British war-time comedian Tommy Trinder is widely credited with coining the phrase – “over-fed, over-paid, over-sexed and over here” when referring to American GIs during World War Two.
For Aberdeen and north-east Scotland, a second US invasion took place in the 70s.
Estimates in 1975 put the number of Americans living in Aberdeen at around 4,000 out of a city population of 200,000.
Notwithstanding the intentions, amorous or otherwise, of some American oilmen, attitudes to the influx of stetson wearing, high-falutin roustabouts in the pubs and streets of the Granite City 40-years ago were decidedly mixed.
Professor Alex Kemp, professor of Petroleum Economics at Aberdeen University, recalls not everyone was pleased to see the “brash Americans coming across with their very big salaries and throwing their money around” in the 70s.
He said: “Once the Forties field was discovered in UK waters in 1970, there was significant interest from many international companies who wanted to explore and develop the many discoveries in the North Sea.
“There was little indigenous offshore knowledge or skills in the UK at the time. The new industry needed experience at every level from roughnecks and roustabouts to senior management.
“Hundreds flew in from the US oil-producing states such as Texas and Louisiana with their big boots and big hats and big spending.”
“They were all on expenses and were highly paid. UK wages were low and Aberdeen wages were well below the UK national average, therefore the difference was even more pronounced.”
“Americans with their loud voices and cigars could be found in the bars spending a lot of money. They used to celebrate every time they struck oil – which was often. Many Aberdonians resented it, but there is no doubt their influence had a lasting, largely positive, effect.”
Watering holes such as Ruffles, the Grill, Radars and the Earls Court all serviced an increasingly cosmopolitan clientele.
Prof. Kemp said that many traditional businesses lost workers to oil because they were unable to compete with the wages earned offshore.
It’s always easy to portray the sterotype and for every fast and loose Dallas cowboy, there were dozens of hard-working families who added vibrancy and vitality to the communities they lived in.
So many “expats” found their way to the North east that they opened their own school. The American School (now known as the International School) was established in 1972, with a school role of 36 students from kindergarten through 12th grade.
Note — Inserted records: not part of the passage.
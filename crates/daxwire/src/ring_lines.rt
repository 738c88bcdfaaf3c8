ghost use Rattle.std.specs.Prelude.{◌≡◌, ◌≤◌, ◌<◌, ◌^◌, ◌++◌, length, codes, OnOk, IsOk, Some};
ghost use Rattle.std.specs.Fmt.{decimal};
ghost use Rattle.plain_file.specs.Limits.{max_part};
ghost use Rattle.hex.specs.Hex.{encode_lower};
ghost use Rattle.sha2.specs.Sha256.{sha256};
ghost use Rattle.fuse_codec.specs.Replies.{answer_form};
ghost use Rattle.fuse_codec.specs.Reading.{message_of};
ghost use Rattle.dax_device.specs.Answers.{IsAnswer, read_form, reply_in};
ghost use Rattle.daxwire.specs.Show.{chain_line};
ghost use Rattle.daxwire.specs.RingText.{heading, line_of_read, answer_line, lines_of, fault_name, last_line};
ghost use Rattle.vring.specs.Pieces.{total};

use crate::shows::{put, put_chain, put_number};
use fuse_codec::{BadReply, answer_form, decode_reply};
use fuse_text::put_reply_line;
use fuse_wire::InHeader;
use plain_file::Memory;
use sha2::{Digest, Sha256};
use std::alloc::Global;
use vring::{Chain, RingFault};

// FLUSH, whose replies are a header alone.
const FLUSH: u32 = 25;

// Adds the line of a chain's head and sums.
#[tactic(auto, unfolding(crate::specs::RingText::heading))]
fn put_heading(chain: &Chain, out: &mut Vec<u8>) -> Result<(), Memory>
    ensures { OnOk result (out.new.items ≡ out.old.items ++ heading chain.now) }
{
    put(out, b"chain ")?;
    put_number(out, u64::from(chain.head))?;
    put(out, b" readable ")?;
    put_number(out, chain.readable.sum())?;
    put(out, b" writable ")?;
    put_number(out, chain.writable.sum())?;
    put(out, b"\n")?;
    Ok(())
}

// The number of an operation as whose reply an answer to this one is read: the same, or where it has
// no reply one whose reply is a header alone.
#[tactic(auto, unfolding(dax_device::specs::Answers::read_form))]
fn read_as(opcode: u32) -> u32
    ensures { answer_form result ≡ Some (read_form opcode) }
{
    match answer_form(opcode) {
        Some(_) => opcode,
        None => FLUSH,
    }
}

// Adds the line of a reply to the request whose header is at the front of the readable bytes.
#[tactic(auto, unfolding(dax_device::specs::Answers::reply_in, crate::specs::RingText::line_of_read, fuse_wire::specs::Records::in_header_of))]
fn put_reply(alloc: Global, readable: &[u8], reply: &[u8], out: &mut Vec<u8>) -> Result<(), Memory>
    requires header { 40 ≤ length readable.now }
    requires small { length reply.now < 2 ^ 32 }
    requires is { IsOk (reply_in readable.now reply.now) }
    ensures { OnOk result (out.new.items ≡ out.old.items ++ line_of_read (reply_in readable.now reply.now)) }
{
    let header = InHeader::read(readable.split_at(InHeader::SIZE).0).unwrap();
    match decode_reply(alloc, read_as(header.opcode), reply) {
        Ok((unique, reply)) => put_reply_line(out, &reply, unique),
        Err(BadReply::Memory) => Err(Memory),
        Err(_) => unreachable!(),
    }
}

// Adds the line of what was answered.
#[tactic(auto, unfolding(crate::specs::RingText::answer_line))]
fn put_answer(
    alloc: Global,
    readable: &[u8],
    answer: &[u8],
    out: &mut Vec<u8>,
) -> Result<(), Memory>
    requires small { length answer.now < 2 ^ 32 }
    requires is { IsAnswer readable.now answer.now }
    ensures { OnOk result (out.new.items ≡ out.old.items ++ answer_line readable.now answer.now) }
{
    if answer.is_empty() {
        return put(out, b"no reply");
    }
    put_reply(alloc, readable, answer, out)
}

/// Adds the four lines of a chain that was served: its head and sums, the request that its readable
/// bytes are or why they are none, the reply that was answered, and how many bytes that has.
///
/// `answer` is what the device answers to the readable bytes, so it is no bytes or a reply. `Memory`
/// is the only error; nothing is known of the text then.
pub fn put_chain_lines(
    alloc: Global,
    chain: &Chain,
    readable: &[u8],
    answer: &[u8],
    out: &mut Vec<u8>,
) -> Result<(), Memory>
    requires within { length readable.now ≤ max_part }
    requires small { length answer.now < 2 ^ 32 }
    requires is { IsAnswer readable.now answer.now }
    ensures { OnOk result (out.new.items ≡ out.old.items ++ lines_of chain.now readable.now answer.now) }
{
    put_heading(chain, out)?;
    put_chain(alloc, readable, out)?;
    put(out, b"\n")?;
    put_answer(alloc, readable, answer, out)?;
    put(out, b"\nused ")?;
    put_number(out, answer.len() as u64)?;
    put(out, b"\n")?;
    Ok(())
}

#[tactic(auto, unfolding(crate::specs::RingText::fault_name))]
fn name_of(fault: RingFault) -> &'static str
    ensures { result.now ≡ fault_name fault }
{
    match fault {
        RingFault::Jump { .. } => "jump",
        RingFault::BadIndex { .. } => "index",
        RingFault::Loop => "loop",
        RingFault::Indirect { .. } => "indirect",
        RingFault::Order { .. } => "order",
        RingFault::Outside { .. } => "outside",
        RingFault::Long { .. } => "long",
    }
}

/// Adds the last line after a fault. `Memory` is the only error; nothing is known of the text then.
#[tactic(auto, unfolding(crate::specs::RingText::last_line))]
pub fn put_fault(fault: RingFault, out: &mut Vec<u8>) -> Result<(), Memory>
    ensures { OnOk result (out.new.items ≡ out.old.items ++ last_line (Err fault)) }
{
    put(out, b"fault ")?;
    put(out, name_of(fault).as_bytes())?;
    put(out, b"\n")?;
    Ok(())
}

/// Adds the last line where there was no fault: the SHA-256 digest of the memory (FIPS 180-4) in lower
/// case hexadecimal. `Memory` is the only error; nothing is known of the text then.
#[tactic(auto, unfolding(crate::specs::RingText::last_line))]
pub fn put_digest(memory: &[u8], out: &mut Vec<u8>) -> Result<(), Memory>
    ensures { OnOk result (out.new.items ≡ out.old.items ++ last_line (Ok memory.now)) }
{
    let digest = Sha256::digest(memory);
    let mut digits = [0u8; 64];
    hex::encode_to_slice(&digest, &mut digits).unwrap();
    put(out, b"memory ")?;
    put(out, &digits)?;
    put(out, b"\n")?;
    Ok(())
}
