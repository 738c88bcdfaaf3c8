ghost use Rattle.std.specs.Prelude.{◌≡◌, [], false, IfOk, OnOk};
ghost use Rattle.daxwire.specs.RingText.{all_served, left_by};

use crate::ring_lines::{put_chain_lines, put_digest, put_fault};
use crate::shows::put;
use crate::wholes::Answer;
use dax_device::{QueueDevice, Turn, open_image};
use plain_file::{Blob, Memory};
use program_io::Status;
use std::alloc::Global;
use vring::{Chain, RingFault};

// Serves as many chains as are offered before the first, and tells the fault at which it ended.
fn serve_offered(
    alloc: Global,
    device: &mut QueueDevice,
    out: &mut Vec<u8>,
) -> Result<Option<RingFault>, Memory>
    requires { out.old.items ≡ [] }
    ensures text { OnOk result (out.new.items ≡ (all_served device.old).text) }
    ensures left { IfOk result (λ fault. (all_served device.old).left ≡ left_by fault device.new.memory) }
{
    let mut chain = Chain::new(alloc);
    let mut readable = Vec::new(alloc);
    let count = device.offered();
    for _turn in 0..count {
        match device.serve_next(alloc, &mut chain, &mut readable)? {
            Turn::Served(answer) => put_chain_lines(
                alloc,
                &chain,
                &readable,
                answer.as_slice(),
                out,
            )?,
            Turn::Idle => return Ok(None),
            Turn::Fault(fault) => return Ok(Some(fault)),
        }
    }
    Ok(None)
}

/// Answers a ring image: serves the chains that it offers, and prints what came of them.
///
/// An image is a guest's memory with a split virtqueue in it (VIRTIO 1.2 section 2.7), as
/// [`open_image`] reads it. As many chains are served at most as the available index in the memory is
/// ahead of the image's start, modulo 2^16, whatever the chains write over it; where none is
/// available before that, the last was served. Each gives four lines, and a last line has the SHA-256
/// digest of the memory afterwards. A fault of the ring is the last line in place of the digest, and is
/// refused, as is an input that is no image, with `malformed image`.
#[derive(Clone, Copy, Debug, PartialEq, Eq)]
pub struct RingImage;

impl Answer for RingImage {
    ghost use Rattle.daxwire.specs.RingText.{image_due};

    ghost due = { image_due };

    ghost judges = { false };

    #[tactic(auto, unfolding(crate::specs::RingText::image_due))]
    fn put_due(alloc: Global, input: Blob, out: &mut Vec<u8>) -> Result<Status, Memory> {
        let Some(mut device) = open_image(alloc, input)? else {
            put(out, b"malformed image\n")?;
            return Ok(Status::Refused);
        };
        match serve_offered(alloc, &mut device, out)? {
            Some(fault) => {
                put_fault(fault, out)?;
                Ok(Status::Refused)
            }
            None => {
                put_digest(device.memory().as_slice(), out)?;
                Ok(Status::Ok)
            }
        }
    }
}
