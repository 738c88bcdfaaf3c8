ghost use Rattle.std.specs.Prelude.{None};

use crate::runs::run_wire;
use crate::tables::{put_hex, words_of};
use plain_file::{Blob, List};
use program_io::{Failed, Sink, Source, Status, SureSink, SureSource};
use std::cell::Cell;
use std::test::Fail;

// A source that hands out one piece after another, the next one only once the answer to the one
// before was taken; else it fails.
#[derive(Drop)]
struct Asking<'a> {
    pieces: &'a [&'a [u8]],
    asked: usize,
    answered: &'a Cell<usize>,
    faults: u64,
}

impl Source for Asking<'_> {
    ghost left = { λ s. None };

    ghost faults = { λ s. s.faults };

    fn read(&mut self, buf: &mut [u8]) -> Result<usize, Failed> {
        if self.answered.get() < self.asked {
            self.faults = self.faults.saturating_add(1);
            return Err(Failed);
        }
        let Some(piece) = self.pieces.get(self.asked) else {
            return Ok(0);
        };
        self.asked = self.asked.saturating_add(1);
        let n = piece.len().min(buf.len());
        buf[..n].copy_from_slice(piece.split_at(n).0);
        Ok(n)
    }
}

// A sink that counts the pieces that it took, and knows how long the longest was.
#[derive(Drop)]
struct Counting<'a> {
    answered: &'a Cell<usize>,
    longest: usize,
}

impl Sink for Counting<'_> {
    ghost taken = { λ s. None };

    ghost faults = { λ s. 0 };

    fn write(&mut self, bytes: &[u8]) -> Result<usize, Failed> {
        self.answered.set(self.answered.get().saturating_add(1));
        self.longest = self.longest.max(bytes.len());
        Ok(bytes.len())
    }
}

// Each answer is written before the next frame is read: INIT's, those of a load and a store, and those of
// two more loads.
#[test]
fn a_peer_that_waits(rt: HostRuntime) -> Result<(), Fail> {
    let alloc = rt.alloc();
    let mut bytes = Vec::new(alloc);
    put_hex(
        &mut bytes,
        "4441585749524531 00040000 01 0100 0100 38000000 50000000 38000000 1a000000 0100000000000000 0000000000000000 00000000000000000000000000000000 07000000 1f000000 00000200 00000004 02 0000000000000000 04000000 03 0000000000000000 01000000 cc 02 0000000000000000 04000000 02 0000000000000000 04000000",
    )?;
    let (first, rest) = bytes.split_at(81.min(bytes.len()));
    let (second, rest) = rest.split_at(13.min(rest.len()));
    let (third, rest) = rest.split_at(14.min(rest.len()));
    let (fourth, fifth) = rest.split_at(13.min(rest.len()));
    let pieces = [first, second, third, fourth, fifth];
    let answered = Cell::new(0);
    let words = words_of(alloc, "serve")?;
    let mut source = Asking {
        pieces: &pieces,
        asked: 0,
        answered: &answered,
        faults: 0,
    };
    let mut sink = Counting {
        answered: &answered,
        longest: 0,
    };
    let status = run_wire(alloc, words.as_slice(), &mut source, &mut sink);
    assert_eq!(rt; status, Status::Ok);
    assert_eq!(rt; source.faults, 0);
    assert_eq!(rt; answered.get(), 5);
    Ok(())
}

// A file of 2 MiB is made and mapped; 20 loads of a megabyte that are read at once are answered one by one.
#[test]
fn a_megabyte_is_written_at_once(rt: HostRuntime) -> Result<(), Fail> {
    let alloc = rt.alloc();
    let mut stream = Vec::new(alloc);
    put_hex(
        &mut stream,
        "4441585749524531 00040000 01 0100 0100 38000000 50000000 38000000 1a000000 0100000000000000 0000000000000000 00000000 00000000 00000000 0000 0000 07000000 1f000000 00000200 00000004 01 0100 0100 3a000000 a0000000 3a000000 23000000 0200000000000000 0100000000000000 00000000 00000000 00000000 0000 0000 00000000 a4810000 00000000 00000000 6100 01 0100 0100 80000000 78000000 80000000 04000000 0600000000000000 0200000000000000 00000000 00000000 00000000 0000 0000 08000000 00000000 0000000000000000 0000200000000000 0000000000000000 0000000000000000 0000000000000000 0000000000000000 00000000 00000000 00000000 00000000 00000000 00000000 00000000 00000000 01 0100 0100 50000000 10000000 50000000 30000000 0900000000000000 0200000000000000 00000000 00000000 00000000 0000 0000 ffffffffffffffff 0000000000000000 0000200000000000 0300000000000000 0000000000000000",
    )?;
    for _ in 0..20 {
        put_hex(&mut stream, "02 0000000000000000 00001000")?;
    }
    let answered = Cell::new(0);
    let words = words_of(alloc, "serve")?;
    let mut sink = Counting {
        answered: &answered,
        longest: 0,
    };
    let mut source = SureSource::new(List::from_vec(stream));
    let status = run_wire(alloc, words.as_slice(), &mut source, &mut sink);
    assert_eq!(rt; status, Status::Ok);
    assert_eq!(rt; answered.get(), 20);
    assert!(rt; sink.longest > 1_048_576 && sink.longest < 1_050_000);
    Ok(())
}

// Words that aren't text, or empty, are no command.
#[test]
fn nothing_fails_over_sure_ends(rt: HostRuntime) -> Result<(), Fail> {
    let alloc = rt.alloc();
    for (word, status) in [
        (b"show".as_slice(), Status::Ok),
        (b"".as_slice(), Status::Usage),
        (b"\xff\xfe".as_slice(), Status::Usage),
    ] {
        let mut words = List::new(alloc);
        words.push(Blob::copy_of(alloc, word)?)?;
        let mut stream = Vec::new(alloc);
        put_hex(&mut stream, "4441585749524531 00040000 01 0000 0000")?;
        let mut source = SureSource::new(List::from_vec(stream));
        let got = run_wire(alloc, words.as_slice(), &mut source, &mut SureSink::new());
        assert_eq!(rt; got, status, "{word:?}");
    }
    Ok(())
}
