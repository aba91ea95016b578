//! The law of a line that was started, the contract of a function that does nothing.

ghost use Rattle.std.specs.Prelude.{ℕ, List};
ghost use Rattle.std.specs.List.{AllByRecursion};
ghost use Rattle.ec_app.specs.State.{SlaveState};
ghost use Rattle.ec_diag.specs.declared.located.Located.{Located};
ghost use Rattle.ec_map.specs.Item.{ItemRecord, IsItem};
ghost use Rattle.ec_ring.specs.Ring.{RingState};
ghost use Rattle.ec_run.specs.Watched.{WatchedState};
ghost use Rattle.ec_run.specs.declared.wanted.Wanted.{Wanted};
ghost use Rattle.ec_over_ring.specs.Brought.{ReachesAll};
ghost use Rattle.ec_over_ring.specs.Heard.{HeardRing};
ghost use Rattle.ec_over_ring.specs.Started.{AreWanted};
ghost use Rattle.ecat_master.specs.Course.{sides_of};
ghost use Rattle.ecat_master.specs.GoodRun.{IsGoodRun};
ghost use Rattle.ecat_master.specs.Identities.{WantedIdentity};
ghost use Rattle.ecat_master.specs.Start.{IsStarted};
ghost use Rattle.ecat_master.specs.declared.run.LinePlan.{LinePlan};
ghost use Rattle.ecat_started.specs.Certified.{IsCertified, IsToldOf};

use crate::{mailboxes_stand, set_up_line};
use ecat_master::{Pace, Task, found_line, started_line};

/// The start meets the certificate. A line is told what stands in slaves that the mapping checker accepts
/// with a work, and is started ([`ecat_master::start`]) over a ring with at most one link down, of which
/// nothing is lost. The ring that the start leaves is an accepted line of the work, in whatever order its
/// slaves stand, and what is expected of the work's counters is what they add (`started`): so what a cycle on
/// it comes to is of this ring ([`crate::certified_cycle`]). So it is of the ring of a run that ends with the
/// exit status 0 ([`ecat_master::master`]), before its first cycle, whichever task it serves and whatever its
/// pace (`good`).
///
/// Nothing has to be known of that ring; that its items are such is known of each work ([`ec_master::Work`]).
pub fn certified_line<D: Task, T: Pace>()
    ensures started { (slaves : List SlaveState) (line : List Wanted) (work : List ItemRecord)
        (expected : List ℕ) (identities : List WantedIdentity) (cable : Located)
        (before later : WatchedState RingState) → IsToldOf slaves line work expected
        → AllByRecursion IsItem work → ReachesAll before.ports → AreWanted line
        → IsStarted HeardRing before line identities cable later
        → IsCertified later.ports work expected }
    ensures good { (slaves : List SlaveState) (work : List ItemRecord) (planned : LinePlan) (r : RingState)
        → IsToldOf slaves planned.line.now work planned.expected.now → AllByRecursion IsItem work
        → ReachesAll r → AreWanted planned.line.now
        → (run : IsGoodRun (sides_of HeardRing D.listens D.held T.over) r work planned)
        → IsCertified run.made.begun.ports work planned.expected.now }
{
    set_up_line();
    mailboxes_stand();
    found_line();
    started_line::<D, T>();
}
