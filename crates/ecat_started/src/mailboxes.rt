//! The law of mailboxes behind a start, the contract of a function that does nothing.

ghost use Rattle.std.specs.Prelude.{List};
ghost use Rattle.std.specs.List.{AllByRecursion};
ghost use Rattle.ec_diag.specs.declared.located.Located.{Located};
ghost use Rattle.ec_ring.specs.Ring.{RingState};
ghost use Rattle.ec_run.specs.Watched.{WatchedState};
ghost use Rattle.ec_run.specs.declared.wanted.Wanted.{Wanted};
ghost use Rattle.ec_over_ring.specs.Brought.{ReachesAll};
ghost use Rattle.ec_over_ring.specs.Fit.{HasMailboxes};
ghost use Rattle.ec_over_ring.specs.Heard.{HeardRing};
ghost use Rattle.ec_over_ring.specs.Started.{AreWanted};
ghost use Rattle.ecat_master.specs.Identities.{WantedIdentity};
ghost use Rattle.ecat_master.specs.Start.{IsStarted};

/// A line that was started over a ring with at most one link down, of which nothing is lost. In the end sync
/// managers 0 and 1 of each of its slaves stand as they were wanted, whatever stood there before. Each was
/// read back when it was set, before Pre-Op, and nothing undoes it: neither the reads of identities and the
/// startup objects, whatever mails are in the mailboxes, nor the phases above Pre-Op.
pub fn mailboxes_stand()
    ensures { (line : List Wanted) (identities : List WantedIdentity) (cable : Located)
        (before later : WatchedState RingState) → ReachesAll before.ports → AreWanted line
        → IsStarted HeardRing before line identities cable later
        → AllByRecursion (HasMailboxes later.ports) line }
{}
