//! The law of a ring whose slaves are set up, the contract of a function that does nothing.

ghost use Rattle.std.specs.Prelude.{◌≡◌, ◌≤◌, ℕ, List, length};
ghost use Rattle.std.specs.List.{AllByRecursion};
ghost use Rattle.ec_app.specs.State.{SlaveState};
ghost use Rattle.ec_map.specs.Item.{ItemRecord, IsItem};
ghost use Rattle.ec_ring.specs.Ring.{RingState};
ghost use Rattle.ec_ring.specs.declared.links.TheConstants.{MAX_SLAVES};
ghost use Rattle.ec_run.specs.declared.wanted.Wanted.{Wanted};
ghost use Rattle.ec_over_ring.specs.Fit.{HasMailboxes};
ghost use Rattle.ec_over_ring.specs.Started.{AreWanted, IsSetUp};
ghost use Rattle.ecat_started.specs.Certified.{IsCertified, IsToldOf};

use ec_master::between::accepted_by_mapping;
use ec_master::promises::accepted_in_any_order;

/// A ring with as many slaves as a line, each of which is set up as it is wanted, with the wanted sync
/// managers 0 and 1. Where the line is told what stands in slaves that the mapping checker accepts with a
/// work, each slave of the ring is mapped as the one whose station address it has, so the ring is an accepted
/// line of the work, in whatever order it has them, and what is expected of the work's counters is what they
/// add.
pub fn set_up_line()
    ensures { (slaves : List SlaveState) (line : List Wanted) (work : List ItemRecord)
        (expected : List ℕ) (r : RingState) → IsToldOf slaves line work expected
        → AllByRecursion IsItem work → AreWanted line → length r.slaves ≡ length line
        → length r.slaves ≤ MAX_SLAVES
        → AllByRecursion (IsSetUp r) line → AllByRecursion (HasMailboxes r) line
        → IsCertified r work expected }
{
    accepted_by_mapping();
    accepted_in_any_order();
}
The original school was located on Craigton Road in Cults before moving to Milltimber in 1996 and changing its name to the International School, reflecting a wider range of expat pupils. In 2010 it moved again, to an ultra-modern campus at Pitfodels. Milltimber has now been demolished to make way for the Aberdeen Western Peripheral Route.
The American Food Store in Mid Stocket Road did a roaring trade supplying US housewives with larder staples from the across the pond – many Aberdonians also enjoyed culinary delights such Twinkies, Wieners, jelly beans and tamales…..and Budweiser.
The American Women of Aberdeen still gather in 2015, offering an opportunity for expatriate women in the city to meet regularly for “social and cultural exchange”.
But the great American influx became an exodus when the first oil price crash hit hard in 1986.
Professor Kemp added: “The culture had been to get to the oil as quickly as possible and get it flowing – that was definitely shaped by the ‘can do’ attitude of the American companies, but the UK Government wanted that as well.”
“Maybe safety wasn’t as high a priority as it should have been in the early days. Piper Alpha [owned by American firm Occidental] changed everything for the better in terms of the culture in the North Sea.
The Americans’ get-it-done philosophy also challenged and inspired a new generation of Scots business people. Sir Ian Wood’s transformation of the family fishing boat repair business into a global oil services and engineering empire is probably the greatest of the success stories.
Jimmy Milne, founder and chairman of the hugely successful Balmoral Group, recalls: “There was no question a lot of the Americans were big talkers, but they also had the cash and weren’t afraid to splash it about. It did get up the noses of the local boys.
“The Americans had the petroleum experience we lacked, but we soon worked out we were just as good as they were.
“We have a great engineering tradition here and there were a lot of smart boys in this area, great pioneers. Sir Ian [Wood], the Craig Group and many others were really quick off the mark – and have grown to become world-class in their own right.”
Over the years, the north-east’s links to the US – particularly Texas – have grown and flourished. It’s been good for businesses on both sides of the Atlantic.
In 1979 the Grampian region officially twinned with Houston. The Grampian-Houston Association was formed to foster closer links between communities that flourished because of oil. Members make contacts and find doors open which might otherwise remain closed.
North-east businesses are also well represented in Houston each year at the OTC exhibition – the world’s-biggest annual oil and gas trade show.
Milne was one of the first north-east businessmen to visit OTC in 1974. In May 2015, he attended for the 41st time.
He said: “Because Americans were at it longer than us, we had to be that much smarter than them. We had to be quicker, more agile and we had fire in our belly. I came to admire them in a lot of ways and many have become great friends of mine.”
Milne concluded: “There’s no question their influence was a good thing. You could argue it could never have been done without them.”